I'd argue this is not really a true use of "laziness" and more just
amortized cost.  That said, yes, it can be done!

I'm going to use an imperative data structure because I hate you
all</sarcasm> and it makes the analysis/presentation slightly easier.

To wit, we have a sorted array of unsorted bags of inputs.  For
example, (suppose we start with an array of numbers 1..10, scrambled),

(10,{1,5,6,8,3,4,2,7,9,10})

And after some operations, it might look like:

(3,{1,3,2});(4,{6,7,5,4});(3:{8,9,10})

And we're trying to (eventually) hit the state:

(1,{1});(2,{2});...etc.

(It's not hard to see how to in constant time maintain an array of
pointers into these bags to allow finding elements.)

Now, using a linear-time selection algorithm like median-of-medians or
Chazelle's, it's easy to see how to find the k-th largest element in
such a data structure: find the bag containing the k-th element, apply
the selection algorithm.  Furthermore, still in linear time, we can
(while we're working) split the bag around that element we found.  So,
given the data state:

(10,{1,5,6,8,3,4,2,7,9,10})

if we're asked for the 4th largest element, we'll update to:

(3,{1,3,2});(1,{4});(6,{5,6,8,7,9,10})

So far so good, right?  Now we just apply one more change: after each
lookup, we walk across the list of bags, and split each in half (as if
we were asked for the median element of each bag.)  In my running
example, we'd go to:

(1,{1});{1,{2});(1,{3});(1,{4});(2,{5,6});(1,{7});(3,{8,9,10})

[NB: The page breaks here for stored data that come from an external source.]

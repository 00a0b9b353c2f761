// Inputs that are read to their end, and inputs that fail before it.

use crate::equality::equal;
use crate::output::{ONE_MESSAGE, ONE_MESSAGE_TEXT};
use fit_files::{ReadFault, ReportFault, read_all, read_front, show_input};
use fit_grammar::{FaultKind, FileFault};
use std::alloc::Global;
use std::io::{self, Read};
use std::process::Abort;

// A reader that gives at most so many bytes a call, and refuses each call after so many calls.
#[derive(Drop)]
pub struct Pieces<'a> {
    pub rest: &'a [u8],
    pub step: usize,
    pub calls: usize,
}

impl Read for Pieces<'_> {
    fn read(&mut self, buf: &mut [u8]) -> io::Result<usize> {
        if self.calls == 0 {
            return Err(io::Error::from(io::ErrorKind::BrokenPipe));
        }
        self.calls -= 1;
        let given = self.rest.len().min(self.step).min(buf.len());
        let (now, rest) = self.rest.split_at(given);
        buf[..given].copy_from_slice(now);
        self.rest = rest;
        Ok(given)
    }
}

const TEXT: &[u8] = b"abcdefghijkl";

// The outcome of reading so many bytes of the text with a limit of ten bytes.
fn outcome(alloc: Global, len: usize, step: usize, calls: usize) -> Result<Vec<u8>, ReadFault> {
    let rest = TEXT.get(..len).unwrap_or(TEXT);
    read_all(alloc, &mut Pieces { rest, step, calls }, 10)
}

fn is_all(read: &Result<Vec<u8>, ReadFault>, len: usize) -> bool {
    match read {
        Ok(bytes) => TEXT.get(..len) == Some(bytes.as_slice()),
        Err(_) => false,
    }
}

// Whether so many bytes in pieces of this size are read, or are too many.
fn reads_pieces(alloc: Global, len: usize, step: usize) -> bool {
    let read = outcome(alloc, len, step, usize::MAX);
    if len <= 10 {
        is_all(&read, len)
    } else {
        read.err() == Some(ReadFault::TooLarge)
    }
}

// Ten bytes are read, and eleven are too many, in whatever pieces they come.
#[test]
fn reads_to_the_most(rt: HostRuntime) {
    for step in [1, 3, 10, 11, 65_536] {
        for len in 0..=12 {
            assert!(rt; reads_pieces(rt.alloc(), len, step), "{len} {step}");
        }
    }
}

// Whether nine bytes are read with so many calls, three bytes each, or the read failed.
fn reads_nine(alloc: Global, calls: usize) -> bool {
    let read = outcome(alloc, 9, 3, calls);
    if calls < 4 {
        read.err() == Some(ReadFault::Failed)
    } else {
        is_all(&read, 9)
    }
}

// Nine bytes, three at a time, are four calls; the last gives no byte. With twelve bytes the fourth call is too much.
#[test]
fn reports_a_failed_read_from_too_much(rt: HostRuntime) {
    for calls in 0..6 {
        assert!(rt; reads_nine(rt.alloc(), calls), "{calls}");
        let fault = if calls < 4 {
            ReadFault::Failed
        } else {
            ReadFault::TooLarge
        };
        let twelve = outcome(rt.alloc(), 12, 3, calls);
        assert_eq!(rt; twelve.err(), Some(fault), "{calls}");
    }
}

// The bytes that are read before a failure, and where it was.
static FRONTS: [(&[u8], Option<usize>); 6] = [
    (b"", Some(0)),
    (b"abc", Some(3)),
    (b"abcdef", Some(6)),
    (b"abcdefghi", Some(9)),
    (b"abcdefghi", None),
    (b"abcdefghi", None),
];

// Whether this front of nine bytes is read with so many calls.
fn has_front(alloc: Global, calls: usize, front: &[u8], unread: Option<usize>) -> bool {
    let rest = TEXT.get(..9).unwrap_or(TEXT);
    let mut from = Pieces {
        rest,
        step: 3,
        calls,
    };
    match read_front(alloc, &mut from, 10) {
        Ok(read) => read.bytes.as_slice() == front && read.unread_from() == unread,
        Err(_) => false,
    }
}

// What comes before a read that fails is kept. Nine bytes are known to be all once the read after them gives none.
#[test]
fn keeps_what_was_read_before_a_failure(rt: HostRuntime) {
    for (calls, (front, unread)) in FRONTS.iter().enumerate() {
        assert!(rt; has_front(rt.alloc(), calls, front, *unread), "{calls}");
    }
}

// Run with each allocation refused in turn: all is read, or want of memory is reported as such.
#[test]
fn reports_want_of_memory(rt: HostRuntime) {
    let read = outcome(rt.alloc(), 10, 3, usize::MAX);
    if !is_all(&read, 10) {
        equal(&rt, read.err(), Some(ReadFault::NoMemory));
    }
}

// The outcome of showing a file that is read like this, with a limit of 34 bytes, and the text.
fn shown(
    alloc: Global,
    rest: &[u8],
    step: usize,
    calls: usize,
) -> (Result<(), ReportFault>, Vec<u8>) {
    let mut text = Vec::new(alloc);
    let done = show_input(
        alloc,
        &mut Pieces { rest, step, calls },
        34,
        false,
        &mut text,
    );
    (done, text)
}

// In whatever pieces it comes, a file is shown with the same text.
#[test]
fn shows_a_file_in_pieces(rt: HostRuntime) {
    for step in 1..=35 {
        let (done, text) = shown(rt.alloc(), &ONE_MESSAGE, step, usize::MAX);
        assert!(rt;
            done == Ok(()) && text.as_slice() == ONE_MESSAGE_TEXT.as_bytes(),
            "{step}"
        );
    }
}

// The file with a wrong size of its header, and a byte after its end.
static NO_FILE: [u8; 35] = [
    0x0D, 0x10, 0x64, 0x00, 0x12, 0x00, 0x00, 0x00, 0x2E, 0x46, 0x49, 0x54, 0xA1, 0x3B, 0x40, 0x00,
    0x00, 0x00, 0x00, 0x02, 0x00, 0x01, 0x00, 0x04, 0x04, 0x86, 0x00, 0x04, 0x00, 0xCA, 0x9A, 0x3B,
    0x38, 0x1C, 0x00,
];

const HEADER_SIZE: FileFault = FileFault {
    kind: FaultKind::HeaderSize,
    place: 0,
};

// How many of these bytes there are, how many calls read them, and the fault.
static NO_FILES: [(usize, usize, ReportFault); 3] = [
    (34, 35, ReportFault::File(HEADER_SIZE)),
    (34, 34, ReportFault::Input(ReadFault::Failed)),
    (35, 35, ReportFault::Input(ReadFault::TooLarge)),
];

// Asserts that these bytes have this fault, and that none of them is shown.
fn expect_fault(rt: &impl Abort, alloc: Global, bytes: &[u8], calls: usize, fault: ReportFault) {
    let (done, text) = shown(alloc, bytes, 1, calls);
    assert_eq!(rt; done, Err(fault), "{bytes:?} {calls}");
    assert!(rt; text.is_empty(), "{bytes:?} {calls}");
}

// Bytes that are not a file are read to their end. A failed read or a byte too many is reported first, then the fault of the file.
#[test]
fn reads_what_is_no_file_to_its_end(rt: HostRuntime) {
    for (len, calls, fault) in NO_FILES {
        let bytes = NO_FILE.get(..len).unwrap_or(&[]);
        expect_fault(&rt, rt.alloc(), bytes, calls, fault);
    }
}
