// Rides that are reopened. The answers and the contents of the files are from outside. The rows of the table are tried, each
// with a possible answer and with an impossible one.

use crate::direct::answer_of;
use crate::histories::{answers_to, expect_answers, expect_checked, expect_shown, last_file};
use crate::table::is_history;
use fit_activity::Refusal;
use fit_recorder::RecFault;
use fit_scripts::parse_script;
use std::alloc::Global;
use std::process::Abort;
use std::test::Fail;

// A ride that lost its power after its only commit, and is continued up to its stop.
const GONE_ON: &str =
    "start 1000000000 7 running\nsample 1000000000 hr=100\ncommit\nsample 1000000001 hr=101\npower\nreopen\nsample 1000000002 hr=110\nstop 1000000002\n";

// What is recorded after the bytes of the commit: a record under its own definition, and the stop under another one.
static AFTER: [u8; 33] = [
    0x40, 0x00, 0x00, 0x14, 0x00, 0x01, 0x03, 0x01, 0x02, 0x82, 0x6E, 0x46, 0x00, 0x00, 0x15, 0x00,
    0x03, 0xFD, 0x04, 0x86, 0x00, 0x01, 0x00, 0x01, 0x01, 0x00, 0x06, 0x02, 0xCA, 0x9A, 0x3B, 0x00,
    0x04,
];

// The last messages of its file.
const GONE_ON_TEXT: &str = "3 record timestamp=1000000000 heart_rate=100
4 record timestamp=1000000002 heart_rate=110
5 event timestamp=1000000002 event=0 event_type=4
6 lap message_index=0 timestamp=1000000002 event=9 event_type=1 start_time=1000000000 total_elapsed_time=2000 total_timer_time=2000 total_distance=- avg_speed=- max_speed=- avg_heart_rate=105 max_heart_rate=110 avg_power=- max_power=- lap_trigger=7
7 session message_index=0 timestamp=1000000002 event=8 event_type=1 start_time=1000000000 sport=1 sub_sport=0 total_elapsed_time=2000 total_timer_time=2000 total_distance=- avg_speed=- max_speed=- avg_heart_rate=105 max_heart_rate=110 avg_power=- max_power=- first_lap_index=0 num_laps=1 trigger=0
8 activity timestamp=1000000002 total_timer_time=2000 num_sessions=1 type=0 event=26 event_type=1
messages 9
";

#[test]
fn a_ride_goes_on_after_its_last_commit(rt: HostRuntime) -> Result<(), Fail> {
    let lines = "ok\nok\nok\nok\nok\nok\nok\nok\n";
    expect_answers(&rt, rt.alloc(), GONE_ON, &[], lines)?;
    let file = last_file(rt.alloc(), GONE_ON, &[])?;
    assert!(rt;
        file.get(14 + 83..)
            .is_some_and(|rest| rest.starts_with(&AFTER))
    );
    expect_shown(&rt, rt.alloc(), file.as_slice(), GONE_ON_TEXT)?;
    let line =
        "ok records=2 laps=1 sessions=1 start=1000000000 elapsed_ms=2000 timer_ms=2000 distance_cm=-\n";
    expect_checked(&rt, rt.alloc(), file.as_slice(), line)
}

#[test]
fn a_stopped_ride_and_one_that_is_not_there_do_not_go_on(rt: HostRuntime) -> Result<(), Fail> {
    let script = format!(in rt.alloc(); "{GONE_ON}reopen\nsample 1000000003\n")?;
    let lines = "ok\nok\nok\nok\nok\nok\nok\nok\nRefused(Stopped)\nNoRecorder\n";
    expect_answers(&rt, rt.alloc(), script.as_str(), &[], lines)?;
    expect_answers(&rt, rt.alloc(), NOTHING, &[], "NothingRecorded\n")
}

// A recorder that runs ends when its ride is reopened, and what was not committed is gone.
#[test]
fn a_recorder_that_runs_is_reopened(rt: HostRuntime) -> Result<(), Fail> {
    let script =
        "start 1000000000 7 running\nsample 1000000000 hr=100\ncommit\nsample 1000000009 hr=101\nreopen\nsample 1000000002 hr=110\nstop 1000000002\n";
    let file = last_file(rt.alloc(), script, &[])?;
    expect_shown(&rt, rt.alloc(), file.as_slice(), GONE_ON_TEXT)
}

// The closing messages of the recovery are gone, and those of the stop are present once.
#[test]
fn a_recovered_ride_goes_on(rt: HostRuntime) -> Result<(), Fail> {
    let script =
        "start 1000000000 7 running\nsample 1000000000 hr=100\ncommit\nrecover\nreopen\nsample 1000000002 hr=110\nstop 1000000002\n";
    let lines =
        "ok\nok\nok\nok records=1 laps=1 sessions=1 start=1000000000 elapsed_ms=0 timer_ms=0 distance_cm=-\nok\nok\nok\n";
    expect_answers(&rt, rt.alloc(), script, &[], lines)?;
    let file = last_file(rt.alloc(), script, &[])?;
    expect_shown(&rt, rt.alloc(), file.as_slice(), GONE_ON_TEXT)
}

// Whether the table allows the answers to a script, with this one in the place of the last.
fn may_end(alloc: Global, script: &str, last: Result<(), RecFault>) -> Result<bool, Fail> {
    let events = parse_script(alloc, script)?;
    let mut answers = answers_to(alloc, script, &[])?;
    answers.pop();
    answers.push(answer_of(last))?;
    Ok(is_history(alloc, &events, &answers)?)
}

// Asserts that the table allows the answers to a script.
fn expect_allowed(rt: &impl Abort, alloc: Global, script: &str) -> Result<(), Fail> {
    let events = parse_script(alloc, script)?;
    let answers = answers_to(alloc, script, &[])?;
    assert!(rt; is_history(alloc, &events, &answers)?, "{script}");
    Ok(())
}

// Asserts whether the table allows this last answer to a script.
fn expect_end(
    rt: &impl Abort,
    alloc: Global,
    script: &str,
    last: Result<(), RecFault>,
    wanted: bool,
) -> Result<(), Fail> {
    let allowed = may_end(alloc, script, last)?;
    assert_eq!(rt; allowed, wanted, "{script}{last:?}");
    Ok(())
}

// Asserts that of these faults a script may end with this one only, or with none.
fn expect_refusals(
    rt: &impl Abort,
    alloc: Global,
    script: &str,
    faults: &[RecFault],
    refusal: Option<RecFault>,
) -> Result<(), Fail> {
    for fault in faults {
        expect_end(rt, alloc, script, Err(*fault), refusal == Some(*fault))?;
    }
    Ok(())
}

// A ride without a stop, a ride with one, a ride whose reopening fails, no ride, and one that was erased.
const RIDING: &str = "start 1000000000 7 running\nreopen\n";

const STOPPED: &str = "start 1000000000 7 running\nstop 1000000001\nreopen\n";

const BROKEN: &str = "start 1000000000 7 running\nfail 1\nreopen\n";

const NOTHING: &str = "reopen\n";

const ERASED: &str = "start 1000000000 7 running\nerase\nreopen\n";

// A sample before one that was promised, and before one that was not.
const PROMISED: &str =
    "start 1000000000 7 running\nsample 1000000005\ncommit\nreopen\nsample 1000000004\n";

const HANDED: &str = "start 1000000000 7 running\nsample 1000000005\nreopen\nsample 1000000004\n";

static FAULTS: [RecFault; 9] = [
    RecFault::Refused(Refusal::Stopped),
    RecFault::Refused(Refusal::Time),
    RecFault::NotEmpty,
    RecFault::Full,
    RecFault::JournalFull,
    RecFault::Device,
    RecFault::Failed,
    RecFault::NothingRecorded,
    RecFault::Damaged,
];

// The only refusal of each reopening.
static REFUSALS: [(&str, Option<RecFault>); 4] = [
    (RIDING, None),
    (STOPPED, Some(RecFault::Refused(Refusal::Stopped))),
    (BROKEN, Some(RecFault::Device)),
    (NOTHING, Some(RecFault::NothingRecorded)),
];

#[test]
fn the_table_allows_a_reopening_one_refusal(rt: HostRuntime) -> Result<(), Fail> {
    for (script, refusal) in &REFUSALS {
        expect_allowed(&rt, rt.alloc(), script)?;
        expect_refusals(&rt, rt.alloc(), script, &FAULTS, *refusal)?;
    }
    Ok(())
}

// Whether each script may end with this answer. The ride goes on after what was promised; what was not may be recorded or not.
static ENDS: [(&str, Result<(), RecFault>, bool); 9] = [
    (RIDING, Ok(()), true),
    (BROKEN, Ok(()), true),
    (STOPPED, Ok(()), false),
    (NOTHING, Ok(()), false),
    (ERASED, Ok(()), false),
    (PROMISED, Err(RecFault::Refused(Refusal::Time)), true),
    (PROMISED, Ok(()), false),
    (HANDED, Err(RecFault::Refused(Refusal::Time)), true),
    (HANDED, Ok(()), true),
];

#[test]
fn the_table_allows_a_ride_to_go_on_where_it_may(rt: HostRuntime) -> Result<(), Fail> {
    for (script, last, wanted) in &ENDS {
        expect_end(&rt, rt.alloc(), script, *last, *wanted)?;
    }
    Ok(())
}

This is still linear time--we run a linear-time algorithm on disjoint
subsets of the input.  Now, note: after k lookups to this structure,
the largest bag is at most n/2^k elements long!  Couple with a slight
optimization that overwrites the lookup table into the bags with just
the correct results once the bags are small enough, and this matches
your time bounds quite nicely.

Now, I doubt it'll be fast, but that's not what you asked.  Plus, come
up with a persuasive use case for a system where you /really need/ the
4th, 27th, and 957th largest elements /now/ and none of the rest, and
I promise I'll make something practically efficient. :)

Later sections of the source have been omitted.